Посмотрим, что открывает нам г. Эллис, этот влюбленный и пылкий рыцарь, сражаясь с Бердяевым. Прежде всего он объявляет истину, что «искусство должно быть свободно». Признаюсь, это меня поразило. Неужели г. Эллис думает, что убил Бердяева и открыл новые горизонты подписчикам «Весов»? Все это знают об искусстве, и Бердяев вместе со всеми; неужели г. Эллис до сих пор этого не знал? Бердяев не говорит, что «искусство свободно», но ведь не говорят же изо дня в день и по всякому поводу о том, что небо голубое, а вода мокрая: это само собой разумеется. И далее г. Эллис тревожит старые призраки, выдвигая утверждение, что искусство есть «самоцель», «искусство для искусства», между тем как Бердяев будто бы делает это божество «средством». Еще немного – и г. Эллис воскресил бы перед нами все животрепещущие вопросы конца прошлого столетия. Неужели с тех пор ничего не произошло, никто ничего не творил и ни о чем не думал, неужели опять вытаскивать полинявшее знамя и теми же словами защищать «свободное искусство – для искусства»?
Нет, дело проще: г. Эллис говорит «мимо» Бердяева; Бердяев об этом, а г. Эллис совсем о другом, о своем.
Если бы г. Эллис не был ослеплен своим «направлением» и если бы направление это не было чуждо мыслям вообще, и бердяевским в частности, – он, конечно, нашел бы у Бердяева другой, более любопытный материал для спора. И не испугался бы, как ребенок, слова «средство», до которого «низводит» Бердяев искусство. Ведь не с одной, а с очень многих точек зрения искусство не может быть названо иначе как «средством»; и если это «низводит» искусство, то лишь в глазах прямого идолопоклонника, а их все меньше и меньше. Даже не касаясь соотношений между религией, понятием мирообъемлющим, и искусством, понятием, в мир входящим, – можно установить, что искусство не более и не менее как «средство». Не одно ли оно из «средств» выявления связи личности с миром? Не одно ли оно из средств воплощения реального соприкасания ноуменального и феноменального в человечестве?
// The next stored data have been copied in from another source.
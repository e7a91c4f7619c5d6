//! Words between single spaces.
ghost use Rattle.std.specs.Prelude.{◌≡◌, ◌≤◌, length, option_map};
ghost use Rattle.std.specs.List.{position_or_len};
ghost use Rattle.memchr.specs.Find.{is_byte};
ghost use Rattle.sf_script_calls.specs.Words.{is_space, first_word, has_space, word_at, is_word};

use memchr::memchr;

/// The place of the first byte like this one, or the text's length.
pub fn place_of(byte: u8, text: &[u8]) -> usize
    ensures place { result ≡ position_or_len (is_byte byte) text.now }
    ensures bound { result ≤ length text.now }
{
    match memchr(byte, text) {
        Some(place) => place,
        None => text.len(),
    }
}

/// The word before the first space, and what stands behind that space. None where there is no space.
#[tactic(auto, unfolding(crate::specs::Words::word_at))]
pub fn word_at(text: &[u8]) -> Option<(&[u8], &[u8])>
    ensures { option_map (λ x. (x.0.now, x.1.now)) result ≡ word_at text.now }
{
    let place = place_of(b' ', text);
    if place < text.len() {
        Some((&text[..place], &text[place + 1..]))
    } else {
        None
    }
}

/// The first word, up to the first space or the end.
pub fn first_word(text: &[u8]) -> &[u8]
    ensures { result.now ≡ first_word text.now }
{
    let place = place_of(b' ', text);
    &text[..place]
}

/// Whether a word is spelled so.
#[tactic(auto, unfolding(crate::specs::Words::is_word))]
pub fn is_word(spelling: &[u8], word: &[u8]) -> bool
    ensures { result ≡ is_word spelling.now word.now }
{
    word == spelling
}
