//! Why nothing was read.
use sf_types::OutOfMemory;

/// Why a text gave no call.
#[derive(Clone, Copy, Debug)]
pub enum Unread {
    /// Memory ran out.
    Memory,
    /// The text has no such form.
    NoForm,
}

impl From<OutOfMemory> for Unread {
    ghost use Rattle.std.specs.Prelude.{◌≡◌};
    ghost use Rattle.sf_script_calls.specs.declared.unread.Unread.TheVariants.{Memory};

    ghost from_gives = { λ _ unread. unread ≡ Memory };

    fn from(_error: OutOfMemory) -> Unread {
        Unread::Memory
    }
}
Оно – цветок, один из многих цветов земли, которые мы растим; мы пользуемся искусством как средством, чтобы двинуть мир дальше, все дальше, к последней цели. Понятие «творчества», которое шире «искусства», – даже оно с правом может быть названо «средством», если только мы остережемся признать целью состояние мира в каждый данный момент, признать цель уже достигнутой, т. е. утвердить «бесконечный прогресс», «другую бесконечность». Бердяев, очевидно, не мог остановиться на другой бесконечности, но г. Эллис и до нее не доходит: он просто требует, чтобы вся многообразная тварь мира избрала из своей среды одну и поклонилась ей. Ведь «искусство» – в высшей степени тварь, и с этим вряд ли будет спорить г. Эллис. Тут и обнаруживается глубочайший абсурд всякого идолопоклонства: понятие Бога, каков бы этот Бог ни был, прежде всего понятие творящего в противоположность творимому. Ставя тварь на место Божие, – мы непременно, хотя бы и бессознательно, теряем: или понятие Бога, или понятие твари. То есть, в сущности, одинаково теряем оба понятия, потому что какой же Бог без твари, какая же тварь без Бога?